⟨

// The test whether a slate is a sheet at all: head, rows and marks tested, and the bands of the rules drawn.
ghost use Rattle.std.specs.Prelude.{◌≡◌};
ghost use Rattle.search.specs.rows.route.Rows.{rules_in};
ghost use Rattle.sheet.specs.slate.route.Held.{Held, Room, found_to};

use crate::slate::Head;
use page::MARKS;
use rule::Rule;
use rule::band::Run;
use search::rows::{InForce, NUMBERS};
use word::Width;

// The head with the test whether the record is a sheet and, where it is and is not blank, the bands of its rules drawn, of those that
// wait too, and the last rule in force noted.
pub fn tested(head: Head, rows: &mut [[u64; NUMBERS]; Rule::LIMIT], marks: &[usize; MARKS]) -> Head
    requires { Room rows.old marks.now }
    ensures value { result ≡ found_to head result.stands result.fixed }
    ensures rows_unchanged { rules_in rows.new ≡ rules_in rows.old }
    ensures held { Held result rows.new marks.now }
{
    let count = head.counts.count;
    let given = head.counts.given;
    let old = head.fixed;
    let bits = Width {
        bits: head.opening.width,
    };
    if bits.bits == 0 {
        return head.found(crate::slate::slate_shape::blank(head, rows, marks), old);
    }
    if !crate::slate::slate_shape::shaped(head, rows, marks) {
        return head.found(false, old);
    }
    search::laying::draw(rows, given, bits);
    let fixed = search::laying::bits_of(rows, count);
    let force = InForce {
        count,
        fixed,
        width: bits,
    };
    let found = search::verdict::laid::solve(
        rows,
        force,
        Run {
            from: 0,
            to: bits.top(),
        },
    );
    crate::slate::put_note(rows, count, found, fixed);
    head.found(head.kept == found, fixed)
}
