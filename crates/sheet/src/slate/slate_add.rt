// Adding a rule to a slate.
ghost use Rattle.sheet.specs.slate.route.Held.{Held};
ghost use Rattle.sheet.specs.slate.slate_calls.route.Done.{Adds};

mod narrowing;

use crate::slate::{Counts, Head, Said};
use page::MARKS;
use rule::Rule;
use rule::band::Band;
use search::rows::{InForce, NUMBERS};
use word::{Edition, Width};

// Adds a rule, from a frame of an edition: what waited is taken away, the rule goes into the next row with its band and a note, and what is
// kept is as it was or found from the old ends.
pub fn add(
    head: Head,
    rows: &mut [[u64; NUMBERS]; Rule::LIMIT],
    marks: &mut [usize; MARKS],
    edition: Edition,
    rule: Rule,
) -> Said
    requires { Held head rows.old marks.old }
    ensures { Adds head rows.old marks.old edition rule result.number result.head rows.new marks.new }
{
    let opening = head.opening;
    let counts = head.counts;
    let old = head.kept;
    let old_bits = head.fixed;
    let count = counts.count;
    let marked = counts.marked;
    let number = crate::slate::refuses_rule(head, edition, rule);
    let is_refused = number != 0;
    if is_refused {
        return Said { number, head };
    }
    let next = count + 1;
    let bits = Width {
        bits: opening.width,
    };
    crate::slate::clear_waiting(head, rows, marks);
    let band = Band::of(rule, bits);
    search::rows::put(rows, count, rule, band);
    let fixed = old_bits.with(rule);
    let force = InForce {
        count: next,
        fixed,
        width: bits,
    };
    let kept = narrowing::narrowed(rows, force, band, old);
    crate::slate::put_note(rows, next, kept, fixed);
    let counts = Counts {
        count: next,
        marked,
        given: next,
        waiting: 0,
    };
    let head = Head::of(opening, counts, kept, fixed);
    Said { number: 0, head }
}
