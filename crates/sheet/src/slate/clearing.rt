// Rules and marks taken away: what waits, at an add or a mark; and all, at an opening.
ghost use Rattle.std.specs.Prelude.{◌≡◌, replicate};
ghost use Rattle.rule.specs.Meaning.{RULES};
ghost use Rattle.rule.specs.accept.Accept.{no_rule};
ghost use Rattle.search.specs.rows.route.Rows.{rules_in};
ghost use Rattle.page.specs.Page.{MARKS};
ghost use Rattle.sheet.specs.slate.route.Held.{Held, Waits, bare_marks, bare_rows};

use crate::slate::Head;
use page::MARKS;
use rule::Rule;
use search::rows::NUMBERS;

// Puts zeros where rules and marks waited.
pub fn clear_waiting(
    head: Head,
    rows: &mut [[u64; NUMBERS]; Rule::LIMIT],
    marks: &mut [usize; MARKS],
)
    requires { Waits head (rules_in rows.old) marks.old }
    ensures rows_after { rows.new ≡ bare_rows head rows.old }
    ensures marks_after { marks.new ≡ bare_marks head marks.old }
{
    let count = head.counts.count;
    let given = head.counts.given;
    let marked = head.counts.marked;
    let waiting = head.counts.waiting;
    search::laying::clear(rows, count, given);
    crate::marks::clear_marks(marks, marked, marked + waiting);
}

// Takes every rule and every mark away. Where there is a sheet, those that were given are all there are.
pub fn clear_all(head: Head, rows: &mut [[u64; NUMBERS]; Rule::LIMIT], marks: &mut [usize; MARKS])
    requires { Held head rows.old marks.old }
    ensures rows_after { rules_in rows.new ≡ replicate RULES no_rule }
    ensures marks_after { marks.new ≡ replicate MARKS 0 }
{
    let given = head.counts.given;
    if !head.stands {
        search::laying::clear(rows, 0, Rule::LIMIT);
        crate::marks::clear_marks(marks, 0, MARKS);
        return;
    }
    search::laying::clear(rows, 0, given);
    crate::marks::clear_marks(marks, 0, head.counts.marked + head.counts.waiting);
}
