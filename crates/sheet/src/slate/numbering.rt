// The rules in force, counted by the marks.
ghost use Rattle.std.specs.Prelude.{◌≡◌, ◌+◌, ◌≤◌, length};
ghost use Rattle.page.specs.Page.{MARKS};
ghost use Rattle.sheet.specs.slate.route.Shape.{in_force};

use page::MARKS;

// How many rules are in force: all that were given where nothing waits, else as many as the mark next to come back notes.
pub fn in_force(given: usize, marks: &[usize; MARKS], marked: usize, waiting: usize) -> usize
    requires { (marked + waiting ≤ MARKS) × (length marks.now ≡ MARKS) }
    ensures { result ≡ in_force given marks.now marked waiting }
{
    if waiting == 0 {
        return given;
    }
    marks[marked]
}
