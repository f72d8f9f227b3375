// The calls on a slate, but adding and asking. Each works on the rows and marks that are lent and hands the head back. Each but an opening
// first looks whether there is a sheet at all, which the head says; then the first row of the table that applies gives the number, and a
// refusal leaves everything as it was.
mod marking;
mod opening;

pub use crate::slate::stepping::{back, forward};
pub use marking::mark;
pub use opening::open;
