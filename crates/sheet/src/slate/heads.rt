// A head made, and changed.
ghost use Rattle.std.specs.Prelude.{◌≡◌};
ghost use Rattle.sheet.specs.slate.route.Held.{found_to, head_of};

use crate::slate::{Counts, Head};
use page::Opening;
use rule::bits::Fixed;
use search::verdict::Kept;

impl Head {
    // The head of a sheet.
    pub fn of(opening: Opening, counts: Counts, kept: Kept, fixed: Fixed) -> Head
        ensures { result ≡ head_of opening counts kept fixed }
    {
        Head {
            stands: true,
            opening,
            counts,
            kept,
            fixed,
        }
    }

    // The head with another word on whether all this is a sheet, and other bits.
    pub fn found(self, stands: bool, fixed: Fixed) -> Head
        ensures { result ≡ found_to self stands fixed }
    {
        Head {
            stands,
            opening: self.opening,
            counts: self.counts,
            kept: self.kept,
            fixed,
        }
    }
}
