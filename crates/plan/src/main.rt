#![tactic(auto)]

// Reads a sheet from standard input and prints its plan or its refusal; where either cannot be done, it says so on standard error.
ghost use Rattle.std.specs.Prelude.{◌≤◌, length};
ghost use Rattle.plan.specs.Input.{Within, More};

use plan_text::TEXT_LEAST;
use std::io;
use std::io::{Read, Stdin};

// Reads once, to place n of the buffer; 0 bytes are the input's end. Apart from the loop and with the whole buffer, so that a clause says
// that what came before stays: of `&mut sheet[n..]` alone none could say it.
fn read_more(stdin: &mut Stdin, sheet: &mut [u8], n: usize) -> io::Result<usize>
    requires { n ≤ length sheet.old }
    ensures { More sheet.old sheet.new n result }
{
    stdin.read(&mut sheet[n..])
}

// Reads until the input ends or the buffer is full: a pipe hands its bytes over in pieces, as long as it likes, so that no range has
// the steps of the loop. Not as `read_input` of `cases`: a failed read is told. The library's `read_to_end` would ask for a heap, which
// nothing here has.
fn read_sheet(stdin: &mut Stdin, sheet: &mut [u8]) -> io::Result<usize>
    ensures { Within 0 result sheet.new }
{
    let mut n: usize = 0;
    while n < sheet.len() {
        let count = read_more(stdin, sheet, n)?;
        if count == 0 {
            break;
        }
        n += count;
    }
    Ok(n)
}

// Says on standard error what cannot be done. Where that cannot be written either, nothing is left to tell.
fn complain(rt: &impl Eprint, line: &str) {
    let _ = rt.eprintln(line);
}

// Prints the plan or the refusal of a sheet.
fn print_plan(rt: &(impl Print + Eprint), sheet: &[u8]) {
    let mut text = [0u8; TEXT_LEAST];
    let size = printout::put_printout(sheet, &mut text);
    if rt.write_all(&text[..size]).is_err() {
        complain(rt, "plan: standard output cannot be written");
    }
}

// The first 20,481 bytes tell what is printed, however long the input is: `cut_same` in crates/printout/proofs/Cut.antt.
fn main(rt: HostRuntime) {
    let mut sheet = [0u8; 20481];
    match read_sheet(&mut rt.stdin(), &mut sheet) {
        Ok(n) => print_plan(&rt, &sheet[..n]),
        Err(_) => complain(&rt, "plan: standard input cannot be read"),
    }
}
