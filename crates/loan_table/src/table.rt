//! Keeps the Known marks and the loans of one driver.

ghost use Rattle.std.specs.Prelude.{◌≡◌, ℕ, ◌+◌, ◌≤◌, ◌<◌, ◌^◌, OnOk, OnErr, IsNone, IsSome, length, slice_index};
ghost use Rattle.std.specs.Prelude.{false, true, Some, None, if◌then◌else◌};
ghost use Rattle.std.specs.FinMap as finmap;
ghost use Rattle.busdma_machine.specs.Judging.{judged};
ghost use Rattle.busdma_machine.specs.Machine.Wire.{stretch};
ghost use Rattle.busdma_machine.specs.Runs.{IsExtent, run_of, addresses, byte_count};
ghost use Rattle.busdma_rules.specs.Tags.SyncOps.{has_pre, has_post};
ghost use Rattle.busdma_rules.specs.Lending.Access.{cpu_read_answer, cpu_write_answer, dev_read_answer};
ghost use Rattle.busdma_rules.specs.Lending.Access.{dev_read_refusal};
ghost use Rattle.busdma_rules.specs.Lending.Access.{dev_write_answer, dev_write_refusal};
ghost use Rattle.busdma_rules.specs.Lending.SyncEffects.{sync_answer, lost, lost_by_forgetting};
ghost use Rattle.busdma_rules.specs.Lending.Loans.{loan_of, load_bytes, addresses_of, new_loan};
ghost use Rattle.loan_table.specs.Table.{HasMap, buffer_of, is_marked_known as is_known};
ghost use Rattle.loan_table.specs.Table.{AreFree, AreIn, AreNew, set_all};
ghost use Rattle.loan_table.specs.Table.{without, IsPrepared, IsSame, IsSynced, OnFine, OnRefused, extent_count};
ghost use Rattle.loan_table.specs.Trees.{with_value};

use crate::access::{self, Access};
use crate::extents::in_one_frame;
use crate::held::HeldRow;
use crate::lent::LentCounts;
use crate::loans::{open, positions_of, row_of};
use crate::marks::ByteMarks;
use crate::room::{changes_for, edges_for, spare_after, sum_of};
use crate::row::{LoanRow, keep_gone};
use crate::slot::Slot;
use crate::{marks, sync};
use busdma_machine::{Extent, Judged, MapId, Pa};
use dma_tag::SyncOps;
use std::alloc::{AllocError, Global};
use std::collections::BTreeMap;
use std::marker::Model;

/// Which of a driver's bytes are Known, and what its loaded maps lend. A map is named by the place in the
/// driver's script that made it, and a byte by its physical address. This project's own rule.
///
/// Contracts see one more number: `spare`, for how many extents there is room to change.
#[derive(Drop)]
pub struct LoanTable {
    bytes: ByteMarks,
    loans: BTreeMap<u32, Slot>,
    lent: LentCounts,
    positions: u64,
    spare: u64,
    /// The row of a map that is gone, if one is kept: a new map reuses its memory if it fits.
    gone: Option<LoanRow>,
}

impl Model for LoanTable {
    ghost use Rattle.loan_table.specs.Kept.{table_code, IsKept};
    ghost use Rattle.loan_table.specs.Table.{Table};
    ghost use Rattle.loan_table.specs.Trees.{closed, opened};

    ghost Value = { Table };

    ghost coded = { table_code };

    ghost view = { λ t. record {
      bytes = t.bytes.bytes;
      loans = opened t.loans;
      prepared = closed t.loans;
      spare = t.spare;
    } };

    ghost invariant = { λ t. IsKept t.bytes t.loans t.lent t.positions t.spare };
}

⟩

*WHAT YOU HAVE TO DO:*
From the listing above, the lines starting with the one that has "pub use marking::mark;" and running through the one that has "a heap, which" should be copied exactly, ends included.

*TASK RESULT:*
pub use marking::mark;
pub use opening::open;
filename crates/sheet/src/slate/heads.rt
// A head made, and changed.
ghost use Rattle.std.specs.Prelude.{◌≡◌};
ghost use Rattle.sheet.specs.slate.route.Held.{found_to, head_of};

use crate::slate::{Counts, Head};
use page::Opening;
use rule::bits::Fixed;
use search::verdict::Kept;

impl Head {
    // The head of a sheet.
    pub fn of(opening: Opening, counts: Counts, kept: Kept, fixed: Fixed) -> Head
        ensures { result ≡ head_of opening counts kept fixed }
    {
        Head {
            stands: true,
            opening,
            counts,
            kept,
            fixed,
        }
    }

    // The head with another word on whether all this is a sheet, and other bits.
    pub fn found(self, stands: bool, fixed: Fixed) -> Head
        ensures { result ≡ found_to self stands fixed }
    {
        Head {
            stands,
            opening: self.opening,
            counts: self.counts,
            kept: self.kept,
            fixed,
        }
    }
}
filename crates/plan/src/main.rt
#![tactic(auto)]

// Reads a sheet from standard input and prints its plan or its refusal; where either cannot be done, it says so on standard error.
ghost use Rattle.std.specs.Prelude.{◌≤◌, length};
ghost use Rattle.plan.specs.Input.{Within, More};

use plan_text::TEXT_LEAST;
use std::io;
use std::io::{Read, Stdin};

// Reads once, to place n of the buffer; 0 bytes are the input's end. Apart from the loop and with the whole buffer, so that a clause says
// that what came before stays: of `&mut sheet[n..]` alone none could say it.
fn read_more(stdin: &mut Stdin, sheet: &mut [u8], n: usize) -> io::Result<usize>
    requires { n ≤ length sheet.old }
    ensures { More sheet.old sheet.new n result }
{
    stdin.read(&mut sheet[n..])
}

// Reads until the input ends or the buffer is full: a pipe hands its bytes over in pieces, as long as it likes, so that no range has
// the steps of the loop. Not as `read_input` of `cases`: a failed read is told. The library's `read_to_end` would ask for a heap, which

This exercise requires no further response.